◆ **Work to be completed**
Exact copies of all the entries below are expected in the answer.

◆ **Data for processing**
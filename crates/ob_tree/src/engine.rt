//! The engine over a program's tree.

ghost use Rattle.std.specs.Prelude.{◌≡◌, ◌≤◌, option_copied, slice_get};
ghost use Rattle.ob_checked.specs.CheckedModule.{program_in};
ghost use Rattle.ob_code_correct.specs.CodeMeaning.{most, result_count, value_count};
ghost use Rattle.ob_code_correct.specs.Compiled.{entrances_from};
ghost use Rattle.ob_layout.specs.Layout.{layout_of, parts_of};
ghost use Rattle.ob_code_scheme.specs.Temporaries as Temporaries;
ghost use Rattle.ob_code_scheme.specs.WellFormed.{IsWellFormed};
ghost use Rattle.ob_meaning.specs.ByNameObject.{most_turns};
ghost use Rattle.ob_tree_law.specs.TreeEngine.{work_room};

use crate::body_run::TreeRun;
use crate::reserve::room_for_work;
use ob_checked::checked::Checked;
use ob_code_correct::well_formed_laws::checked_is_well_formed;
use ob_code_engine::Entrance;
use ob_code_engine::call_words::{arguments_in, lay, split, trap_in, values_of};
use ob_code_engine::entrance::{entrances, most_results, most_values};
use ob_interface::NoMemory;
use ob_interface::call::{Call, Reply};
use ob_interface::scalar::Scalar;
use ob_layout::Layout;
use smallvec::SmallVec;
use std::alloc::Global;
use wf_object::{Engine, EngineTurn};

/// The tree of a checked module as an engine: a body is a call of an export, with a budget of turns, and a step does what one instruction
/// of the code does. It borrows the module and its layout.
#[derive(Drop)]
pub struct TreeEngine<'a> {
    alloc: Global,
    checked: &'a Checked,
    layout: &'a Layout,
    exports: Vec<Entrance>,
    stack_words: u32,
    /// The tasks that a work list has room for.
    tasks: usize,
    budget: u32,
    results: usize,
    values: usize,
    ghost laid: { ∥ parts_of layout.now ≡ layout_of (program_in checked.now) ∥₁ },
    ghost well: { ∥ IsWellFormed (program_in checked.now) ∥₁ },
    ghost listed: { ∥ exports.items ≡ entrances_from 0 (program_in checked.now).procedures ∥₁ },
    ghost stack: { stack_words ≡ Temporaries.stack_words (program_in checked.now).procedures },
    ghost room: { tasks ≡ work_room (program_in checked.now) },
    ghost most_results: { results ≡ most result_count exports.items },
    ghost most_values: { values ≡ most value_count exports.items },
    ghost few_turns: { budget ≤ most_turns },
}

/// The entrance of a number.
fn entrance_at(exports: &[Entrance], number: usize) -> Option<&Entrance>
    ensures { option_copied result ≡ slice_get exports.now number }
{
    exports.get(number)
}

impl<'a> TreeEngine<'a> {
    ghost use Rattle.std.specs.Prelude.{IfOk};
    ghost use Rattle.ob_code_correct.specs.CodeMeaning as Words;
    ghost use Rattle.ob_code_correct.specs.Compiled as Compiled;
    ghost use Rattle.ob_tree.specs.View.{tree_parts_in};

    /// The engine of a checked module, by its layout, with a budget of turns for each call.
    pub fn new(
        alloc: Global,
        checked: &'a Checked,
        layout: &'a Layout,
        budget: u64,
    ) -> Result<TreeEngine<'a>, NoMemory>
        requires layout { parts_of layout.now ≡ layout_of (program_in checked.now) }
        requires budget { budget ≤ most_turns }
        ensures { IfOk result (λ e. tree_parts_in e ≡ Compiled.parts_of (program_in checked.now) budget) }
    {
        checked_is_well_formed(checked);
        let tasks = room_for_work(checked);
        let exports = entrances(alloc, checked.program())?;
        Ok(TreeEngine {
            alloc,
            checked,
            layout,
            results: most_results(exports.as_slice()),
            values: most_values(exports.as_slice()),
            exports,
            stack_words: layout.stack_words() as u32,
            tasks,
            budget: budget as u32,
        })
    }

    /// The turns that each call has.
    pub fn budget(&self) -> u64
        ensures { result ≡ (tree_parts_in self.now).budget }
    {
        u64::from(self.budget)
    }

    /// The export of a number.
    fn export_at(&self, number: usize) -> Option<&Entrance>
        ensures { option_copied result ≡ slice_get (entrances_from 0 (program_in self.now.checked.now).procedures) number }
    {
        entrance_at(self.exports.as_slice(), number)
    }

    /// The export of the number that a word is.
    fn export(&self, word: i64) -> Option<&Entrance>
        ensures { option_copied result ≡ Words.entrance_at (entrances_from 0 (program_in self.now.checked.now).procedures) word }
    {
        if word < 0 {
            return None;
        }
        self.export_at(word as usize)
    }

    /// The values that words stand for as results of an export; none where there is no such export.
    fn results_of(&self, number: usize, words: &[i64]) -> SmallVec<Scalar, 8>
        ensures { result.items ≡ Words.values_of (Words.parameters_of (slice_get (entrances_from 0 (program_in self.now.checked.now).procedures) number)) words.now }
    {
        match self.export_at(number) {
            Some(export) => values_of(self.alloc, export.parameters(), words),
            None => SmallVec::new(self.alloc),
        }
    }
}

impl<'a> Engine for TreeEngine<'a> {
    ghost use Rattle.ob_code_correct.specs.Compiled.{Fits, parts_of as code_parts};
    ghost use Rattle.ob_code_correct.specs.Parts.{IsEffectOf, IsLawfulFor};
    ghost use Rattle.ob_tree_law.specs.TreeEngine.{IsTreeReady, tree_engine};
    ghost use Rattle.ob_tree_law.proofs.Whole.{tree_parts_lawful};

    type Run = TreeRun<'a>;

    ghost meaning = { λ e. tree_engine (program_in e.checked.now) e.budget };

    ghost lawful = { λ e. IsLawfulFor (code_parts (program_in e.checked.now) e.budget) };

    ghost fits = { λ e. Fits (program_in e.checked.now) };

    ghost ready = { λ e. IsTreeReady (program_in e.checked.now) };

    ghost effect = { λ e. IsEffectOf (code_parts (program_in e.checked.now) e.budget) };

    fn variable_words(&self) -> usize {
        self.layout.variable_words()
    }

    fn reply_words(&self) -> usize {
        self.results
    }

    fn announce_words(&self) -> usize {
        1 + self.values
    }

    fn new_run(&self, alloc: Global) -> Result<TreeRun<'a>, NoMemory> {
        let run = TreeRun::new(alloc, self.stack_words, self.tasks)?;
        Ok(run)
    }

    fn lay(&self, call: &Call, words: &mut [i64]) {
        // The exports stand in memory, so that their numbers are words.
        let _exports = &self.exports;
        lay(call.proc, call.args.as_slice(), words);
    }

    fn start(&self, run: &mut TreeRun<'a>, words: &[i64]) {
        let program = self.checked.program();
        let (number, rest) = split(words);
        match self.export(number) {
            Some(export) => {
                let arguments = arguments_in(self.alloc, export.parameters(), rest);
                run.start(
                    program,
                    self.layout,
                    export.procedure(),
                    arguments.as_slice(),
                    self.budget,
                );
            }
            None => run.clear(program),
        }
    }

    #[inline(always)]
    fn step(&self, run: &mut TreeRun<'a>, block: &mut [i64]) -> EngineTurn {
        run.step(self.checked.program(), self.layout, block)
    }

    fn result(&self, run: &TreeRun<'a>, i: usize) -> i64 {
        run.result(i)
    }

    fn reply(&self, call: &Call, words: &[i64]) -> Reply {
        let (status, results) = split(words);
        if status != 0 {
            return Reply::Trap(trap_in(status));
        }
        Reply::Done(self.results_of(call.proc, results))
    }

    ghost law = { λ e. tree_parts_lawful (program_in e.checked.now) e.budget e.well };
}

◆ **Answer below**
filename crates/ob_tree/src/engine.rt
//! The engine over a program's tree.

ghost use Rattle.std.specs.Prelude.{◌≡◌, ◌≤◌, option_copied, slice_get};
ghost use Rattle.ob_checked.specs.CheckedModule.{program_in};
ghost use Rattle.ob_code_correct.specs.CodeMeaning.{most, result_count, value_count};
ghost use Rattle.ob_code_correct.specs.Compiled.{entrances_from};
ghost use Rattle.ob_layout.specs.Layout.{layout_of, parts_of};
ghost use Rattle.ob_code_scheme.specs.Temporaries as Temporaries;
ghost use Rattle.ob_code_scheme.specs.WellFormed.{IsWellFormed};
ghost use Rattle.ob_meaning.specs.ByNameObject.{most_turns};
ghost use Rattle.ob_tree_law.specs.TreeEngine.{work_room};

use crate::body_run::TreeRun;
use crate::reserve::room_for_work;
use ob_checked::checked::Checked;
use ob_code_correct::well_formed_laws::checked_is_well_formed;
use ob_code_engine::Entrance;
use ob_code_engine::call_words::{arguments_in, lay, split, trap_in, values_of};
use ob_code_engine::entrance::{entrances, most_results, most_values};
use ob_interface::NoMemory;
use ob_interface::call::{Call, Reply};
use ob_interface::scalar::Scalar;
use ob_layout::Layout;
use smallvec::SmallVec;
use std::alloc::Global;
use wf_object::{Engine, EngineTurn};

/// The tree of a checked module as an engine: a body is a call of an export, with a budget of turns, and a step does what one instruction
/// of the code does. It borrows the module and its layout.
#[derive(Drop)]
pub struct TreeEngine<'a> {
    alloc: Global,
    checked: &'a Checked,
    layout: &'a Layout,
    exports: Vec<Entrance>,
    stack_words: u32,
    /// The tasks that a work list has room for.
    tasks: usize,
    budget: u32,
    results: usize,
    values: usize,
    ghost laid: { ∥ parts_of layout.now ≡ layout_of (program_in checked.now) ∥₁ },
    ghost well: { ∥ IsWellFormed (program_in checked.now) ∥₁ },
    ghost listed: { ∥ exports.items ≡ entrances_from 0 (program_in checked.now).procedures ∥₁ },
    ghost stack: { stack_words ≡ Temporaries.stack_words (program_in checked.now).procedures },
    ghost room: { tasks ≡ work_room (program_in checked.now) },
    ghost most_results: { results ≡ most result_count exports.items },
    ghost most_values: { values ≡ most value_count exports.items },
    ghost few_turns: { budget ≤ most_turns },
}

/// The entrance of a number.
fn entrance_at(exports: &[Entrance], number: usize) -> Option<&Entrance>
    ensures { option_copied result ≡ slice_get exports.now number }
{
    exports.get(number)
}

impl<'a> TreeEngine<'a> {
    ghost use Rattle.std.specs.Prelude.{IfOk};
    ghost use Rattle.ob_code_correct.specs.CodeMeaning as Words;
    ghost use Rattle.ob_code_correct.specs.Compiled as Compiled;
    ghost use Rattle.ob_tree.specs.View.{tree_parts_in};

    /// The engine of a checked module, by its layout, with a budget of turns for each call.
    pub fn new(
        alloc: Global,
        checked: &'a Checked,
        layout: &'a Layout,
        budget: u64,
    ) -> Result<TreeEngine<'a>, NoMemory>
        requires layout { parts_of layout.now ≡ layout_of (program_in checked.now) }
        requires budget { budget ≤ most_turns }
        ensures { IfOk result (λ e. tree_parts_in e ≡ Compiled.parts_of (program_in checked.now) budget) }
    {
        checked_is_well_formed(checked);
        let tasks = room_for_work(checked);
        let exports = entrances(alloc, checked.program())?;
        Ok(TreeEngine {
            alloc,
            checked,
            layout,
            results: most_results(exports.as_slice()),
            values: most_values(exports.as_slice()),
            exports,
            stack_words: layout.stack_words() as u32,
            tasks,
            budget: budget as u32,
        })
    }

    /// The turns that each call has.
    pub fn budget(&self) -> u64
        ensures { result ≡ (tree_parts_in self.now).budget }
    {
        u64::from(self.budget)
    }

    /// The export of a number.
    fn export_at(&self, number: usize) -> Option<&Entrance>
        ensures { option_copied result ≡ slice_get (entrances_from 0 (program_in self.now.checked.now).procedures) number }
    {
        entrance_at(self.exports.as_slice(), number)
    }

    /// The export of the number that a word is.
    fn export(&self, word: i64) -> Option<&Entrance>
        ensures { option_copied result ≡ Words.entrance_at (entrances_from 0 (program_in self.now.checked.now).procedures) word }
    {
        if word < 0 {
            return None;
        }
        self.export_at(word as usize)
    }

    /// The values that words stand for as results of an export; none where there is no such export.
    fn results_of(&self, number: usize, words: &[i64]) -> SmallVec<Scalar, 8>
        ensures { result.items ≡ Words.values_of (Words.parameters_of (slice_get (entrances_from 0 (program_in self.now.checked.now).procedures) number)) words.now }
    {
        match self.export_at(number) {
            Some(export) => values_of(self.alloc, export.parameters(), words),
            None => SmallVec::new(self.alloc),
        }
    }
}

impl<'a> Engine for TreeEngine<'a> {
    ghost use Rattle.ob_code_correct.specs.Compiled.{Fits, parts_of as code_parts};
    ghost use Rattle.ob_code_correct.specs.Parts.{IsEffectOf, IsLawfulFor};
    ghost use Rattle.ob_tree_law.specs.TreeEngine.{IsTreeReady, tree_engine};
    ghost use Rattle.ob_tree_law.proofs.Whole.{tree_parts_lawful};

    type Run = TreeRun<'a>;

    ghost meaning = { λ e. tree_engine (program_in e.checked.now) e.budget };

    ghost lawful = { λ e. IsLawfulFor (code_parts (program_in e.checked.now) e.budget) };

    ghost fits = { λ e. Fits (program_in e.checked.now) };

    ghost ready = { λ e. IsTreeReady (program_in e.checked.now) };

    ghost effect = { λ e. IsEffectOf (code_parts (program_in e.checked.now) e.budget) };

    fn variable_words(&self) -> usize {
        self.layout.variable_words()
    }

    fn reply_words(&self) -> usize {
        self.results
    }

    fn announce_words(&self) -> usize {
        1 + self.values
    }

    fn new_run(&self, alloc: Global) -> Result<TreeRun<'a>, NoMemory> {
        let run = TreeRun::new(alloc, self.stack_words, self.tasks)?;
        Ok(run)
    }

    fn lay(&self, call: &Call, words: &mut [i64]) {
        // The exports stand in memory, so that their numbers are words.
        let _exports = &self.exports;
        lay(call.proc, call.args.as_slice(), words);
    }

    fn start(&self, run: &mut TreeRun<'a>, words: &[i64]) {
        let program = self.checked.program();
        let (number, rest) = split(words);
        match self.export(number) {
            Some(export) => {
                let arguments = arguments_in(self.alloc, export.parameters(), rest);
                run.start(
                    program,
                    self.layout,
                    export.procedure(),
                    arguments.as_slice(),
                    self.budget,
                );
            }
            None => run.clear(program),
        }
    }

    #[inline(always)]
    fn step(&self, run: &mut TreeRun<'a>, block: &mut [i64]) -> EngineTurn {
        run.step(self.checked.program(), self.layout, block)
    }

    fn result(&self, run: &TreeRun<'a>, i: usize) -> i64 {
        run.result(i)
    }

    fn reply(&self, call: &Call, words: &[i64]) -> Reply {
        let (status, results) = split(words);
        if status != 0 {
            return Reply::Trap(trap_in(status));
        }
        Reply::Done(self.results_of(call.proc, results))
    }

    ghost law = { λ e. tree_parts_lawful (program_in e.checked.now) e.budget e.well };
}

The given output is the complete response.